---- Provided information
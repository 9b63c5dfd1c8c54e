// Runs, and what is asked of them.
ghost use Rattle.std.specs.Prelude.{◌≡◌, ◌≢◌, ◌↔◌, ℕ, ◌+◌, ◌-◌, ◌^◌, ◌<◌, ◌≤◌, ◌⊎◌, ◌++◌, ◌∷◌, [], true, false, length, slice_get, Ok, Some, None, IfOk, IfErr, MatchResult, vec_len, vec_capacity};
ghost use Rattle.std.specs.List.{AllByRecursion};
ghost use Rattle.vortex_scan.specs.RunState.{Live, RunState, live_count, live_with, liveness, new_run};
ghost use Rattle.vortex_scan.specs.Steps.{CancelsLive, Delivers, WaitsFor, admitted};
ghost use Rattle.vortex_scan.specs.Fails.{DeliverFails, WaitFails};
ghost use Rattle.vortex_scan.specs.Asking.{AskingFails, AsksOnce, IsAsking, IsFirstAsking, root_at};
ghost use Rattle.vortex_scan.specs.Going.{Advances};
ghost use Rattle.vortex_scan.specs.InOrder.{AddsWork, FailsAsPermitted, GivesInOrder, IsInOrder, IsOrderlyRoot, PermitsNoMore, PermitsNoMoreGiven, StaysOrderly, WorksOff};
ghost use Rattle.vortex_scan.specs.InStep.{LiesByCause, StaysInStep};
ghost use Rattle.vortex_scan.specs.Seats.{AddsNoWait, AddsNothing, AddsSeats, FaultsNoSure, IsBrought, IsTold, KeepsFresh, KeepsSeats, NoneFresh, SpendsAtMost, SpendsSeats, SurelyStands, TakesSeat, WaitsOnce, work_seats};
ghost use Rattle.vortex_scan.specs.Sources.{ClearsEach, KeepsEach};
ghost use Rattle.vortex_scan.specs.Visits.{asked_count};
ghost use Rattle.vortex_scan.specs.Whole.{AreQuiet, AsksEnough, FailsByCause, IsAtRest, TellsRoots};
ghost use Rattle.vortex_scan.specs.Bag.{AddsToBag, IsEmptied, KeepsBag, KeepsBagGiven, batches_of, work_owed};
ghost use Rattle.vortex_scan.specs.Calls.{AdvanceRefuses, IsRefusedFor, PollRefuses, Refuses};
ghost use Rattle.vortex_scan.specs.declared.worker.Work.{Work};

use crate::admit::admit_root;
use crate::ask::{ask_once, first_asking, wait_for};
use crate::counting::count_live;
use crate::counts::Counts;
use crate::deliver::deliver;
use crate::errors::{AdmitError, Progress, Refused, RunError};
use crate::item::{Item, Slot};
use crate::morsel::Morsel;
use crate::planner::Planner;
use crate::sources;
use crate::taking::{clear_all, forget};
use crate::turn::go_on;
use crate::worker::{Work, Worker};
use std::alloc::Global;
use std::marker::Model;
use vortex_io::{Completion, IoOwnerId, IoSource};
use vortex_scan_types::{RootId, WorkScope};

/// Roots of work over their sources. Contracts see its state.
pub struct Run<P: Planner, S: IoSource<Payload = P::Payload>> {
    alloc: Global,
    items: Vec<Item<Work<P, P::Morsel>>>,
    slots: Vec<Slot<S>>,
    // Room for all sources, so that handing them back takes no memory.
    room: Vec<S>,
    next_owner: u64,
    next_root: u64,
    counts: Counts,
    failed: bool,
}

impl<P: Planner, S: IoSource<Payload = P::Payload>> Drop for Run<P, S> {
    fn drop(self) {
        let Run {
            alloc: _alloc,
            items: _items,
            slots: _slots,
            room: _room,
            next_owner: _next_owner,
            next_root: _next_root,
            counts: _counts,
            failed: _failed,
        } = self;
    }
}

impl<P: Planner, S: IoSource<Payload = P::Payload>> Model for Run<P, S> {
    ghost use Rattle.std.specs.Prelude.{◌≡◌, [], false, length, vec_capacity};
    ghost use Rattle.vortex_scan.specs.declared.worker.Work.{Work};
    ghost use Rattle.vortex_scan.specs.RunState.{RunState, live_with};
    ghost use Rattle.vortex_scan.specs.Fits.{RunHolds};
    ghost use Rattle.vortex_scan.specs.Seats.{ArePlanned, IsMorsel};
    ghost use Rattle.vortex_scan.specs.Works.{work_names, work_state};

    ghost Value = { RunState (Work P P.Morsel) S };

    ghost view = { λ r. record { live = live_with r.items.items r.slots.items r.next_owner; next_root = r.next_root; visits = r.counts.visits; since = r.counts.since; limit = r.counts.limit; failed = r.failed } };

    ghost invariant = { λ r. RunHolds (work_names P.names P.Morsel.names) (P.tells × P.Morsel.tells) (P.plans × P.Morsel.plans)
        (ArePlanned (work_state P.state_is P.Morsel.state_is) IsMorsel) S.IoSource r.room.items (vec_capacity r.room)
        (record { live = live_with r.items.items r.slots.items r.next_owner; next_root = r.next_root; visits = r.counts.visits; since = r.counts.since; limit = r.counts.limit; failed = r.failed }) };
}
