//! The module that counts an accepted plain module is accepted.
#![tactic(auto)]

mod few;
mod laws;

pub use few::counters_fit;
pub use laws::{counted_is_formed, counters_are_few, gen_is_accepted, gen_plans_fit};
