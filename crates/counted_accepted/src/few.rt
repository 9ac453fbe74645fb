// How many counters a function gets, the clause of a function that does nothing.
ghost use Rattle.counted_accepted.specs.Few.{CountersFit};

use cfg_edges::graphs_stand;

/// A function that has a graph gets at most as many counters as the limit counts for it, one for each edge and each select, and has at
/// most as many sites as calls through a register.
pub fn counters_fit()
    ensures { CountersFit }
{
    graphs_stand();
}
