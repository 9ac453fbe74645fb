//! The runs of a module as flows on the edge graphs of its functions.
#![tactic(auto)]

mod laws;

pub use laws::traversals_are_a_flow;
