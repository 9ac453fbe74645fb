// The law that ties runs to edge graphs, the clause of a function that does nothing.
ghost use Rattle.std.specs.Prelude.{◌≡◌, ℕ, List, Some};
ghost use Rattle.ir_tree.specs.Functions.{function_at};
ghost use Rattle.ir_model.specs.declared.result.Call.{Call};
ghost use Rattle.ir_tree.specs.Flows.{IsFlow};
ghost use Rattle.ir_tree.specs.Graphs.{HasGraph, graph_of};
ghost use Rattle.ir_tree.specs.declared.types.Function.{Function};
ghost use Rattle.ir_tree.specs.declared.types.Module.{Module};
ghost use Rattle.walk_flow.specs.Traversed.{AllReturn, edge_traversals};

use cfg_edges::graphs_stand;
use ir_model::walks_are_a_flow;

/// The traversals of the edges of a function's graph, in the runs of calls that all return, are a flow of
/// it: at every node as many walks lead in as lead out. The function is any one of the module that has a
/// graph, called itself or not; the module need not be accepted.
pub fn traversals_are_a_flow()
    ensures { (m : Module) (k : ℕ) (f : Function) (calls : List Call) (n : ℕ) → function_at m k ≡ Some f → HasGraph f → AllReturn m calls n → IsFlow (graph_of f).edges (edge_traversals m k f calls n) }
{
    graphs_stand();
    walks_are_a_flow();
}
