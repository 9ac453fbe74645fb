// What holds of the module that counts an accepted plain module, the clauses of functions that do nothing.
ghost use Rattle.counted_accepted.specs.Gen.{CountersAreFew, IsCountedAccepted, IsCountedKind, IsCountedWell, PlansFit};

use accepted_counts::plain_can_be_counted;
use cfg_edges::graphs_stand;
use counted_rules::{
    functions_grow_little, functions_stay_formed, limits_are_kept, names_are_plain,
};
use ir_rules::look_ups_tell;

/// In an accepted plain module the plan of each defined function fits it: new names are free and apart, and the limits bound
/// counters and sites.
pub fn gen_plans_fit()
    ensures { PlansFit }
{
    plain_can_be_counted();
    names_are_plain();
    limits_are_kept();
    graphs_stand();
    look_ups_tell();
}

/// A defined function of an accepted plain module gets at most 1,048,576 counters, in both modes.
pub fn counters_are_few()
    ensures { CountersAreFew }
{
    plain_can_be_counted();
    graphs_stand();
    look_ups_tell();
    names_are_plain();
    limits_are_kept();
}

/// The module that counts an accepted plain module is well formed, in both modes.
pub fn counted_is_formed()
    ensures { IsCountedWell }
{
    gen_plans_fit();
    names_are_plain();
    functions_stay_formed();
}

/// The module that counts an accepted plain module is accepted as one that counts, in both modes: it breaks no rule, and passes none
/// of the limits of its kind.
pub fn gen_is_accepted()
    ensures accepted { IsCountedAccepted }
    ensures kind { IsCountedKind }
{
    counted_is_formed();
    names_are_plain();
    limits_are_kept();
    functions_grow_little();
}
--------
---- Provided information
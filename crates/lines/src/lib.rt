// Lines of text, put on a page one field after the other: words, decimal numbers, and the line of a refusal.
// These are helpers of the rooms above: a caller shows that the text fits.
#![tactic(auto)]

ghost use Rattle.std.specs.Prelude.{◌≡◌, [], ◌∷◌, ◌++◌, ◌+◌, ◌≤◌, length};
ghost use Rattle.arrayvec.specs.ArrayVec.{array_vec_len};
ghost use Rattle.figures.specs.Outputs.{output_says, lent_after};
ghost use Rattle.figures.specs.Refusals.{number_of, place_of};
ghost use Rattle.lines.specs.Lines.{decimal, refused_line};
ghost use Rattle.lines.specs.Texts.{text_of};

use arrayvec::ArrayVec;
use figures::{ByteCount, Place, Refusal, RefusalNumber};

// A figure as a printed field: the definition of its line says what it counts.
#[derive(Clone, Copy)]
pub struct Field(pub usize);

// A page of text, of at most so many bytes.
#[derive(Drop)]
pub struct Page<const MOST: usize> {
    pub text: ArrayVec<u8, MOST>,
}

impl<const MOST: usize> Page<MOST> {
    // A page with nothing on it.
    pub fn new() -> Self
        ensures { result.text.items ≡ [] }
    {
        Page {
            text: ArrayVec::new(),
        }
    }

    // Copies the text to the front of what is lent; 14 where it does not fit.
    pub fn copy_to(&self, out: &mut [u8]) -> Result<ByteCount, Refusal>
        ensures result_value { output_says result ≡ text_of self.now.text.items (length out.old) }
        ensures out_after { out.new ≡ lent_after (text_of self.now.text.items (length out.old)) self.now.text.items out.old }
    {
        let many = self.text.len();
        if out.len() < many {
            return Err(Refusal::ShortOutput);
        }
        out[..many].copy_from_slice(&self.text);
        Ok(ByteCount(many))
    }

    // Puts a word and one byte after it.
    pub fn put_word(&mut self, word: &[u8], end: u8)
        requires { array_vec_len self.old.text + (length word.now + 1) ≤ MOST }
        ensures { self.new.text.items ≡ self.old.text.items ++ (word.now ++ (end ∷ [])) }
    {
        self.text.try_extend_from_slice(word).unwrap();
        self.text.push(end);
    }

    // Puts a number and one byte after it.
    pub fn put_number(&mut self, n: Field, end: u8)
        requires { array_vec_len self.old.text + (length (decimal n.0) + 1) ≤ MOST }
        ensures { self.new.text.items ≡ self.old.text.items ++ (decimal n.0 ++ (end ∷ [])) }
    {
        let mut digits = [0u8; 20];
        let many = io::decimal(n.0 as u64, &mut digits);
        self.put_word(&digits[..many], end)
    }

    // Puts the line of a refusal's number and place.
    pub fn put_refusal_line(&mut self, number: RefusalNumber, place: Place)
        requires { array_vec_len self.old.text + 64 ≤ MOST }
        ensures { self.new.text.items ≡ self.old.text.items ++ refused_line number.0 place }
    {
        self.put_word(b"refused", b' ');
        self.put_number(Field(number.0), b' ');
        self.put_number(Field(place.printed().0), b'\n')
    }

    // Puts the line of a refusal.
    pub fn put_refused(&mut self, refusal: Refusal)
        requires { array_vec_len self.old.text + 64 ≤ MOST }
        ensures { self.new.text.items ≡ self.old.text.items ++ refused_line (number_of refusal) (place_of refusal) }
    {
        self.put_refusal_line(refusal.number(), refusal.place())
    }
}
--------
* [Aim of the exercise]
Scan the entries above for the word "them". Report the lines that hold it.

* [Answer section]
// Runs, and what is asked of them.
    // Room for all sources, so that handing them back takes no memory.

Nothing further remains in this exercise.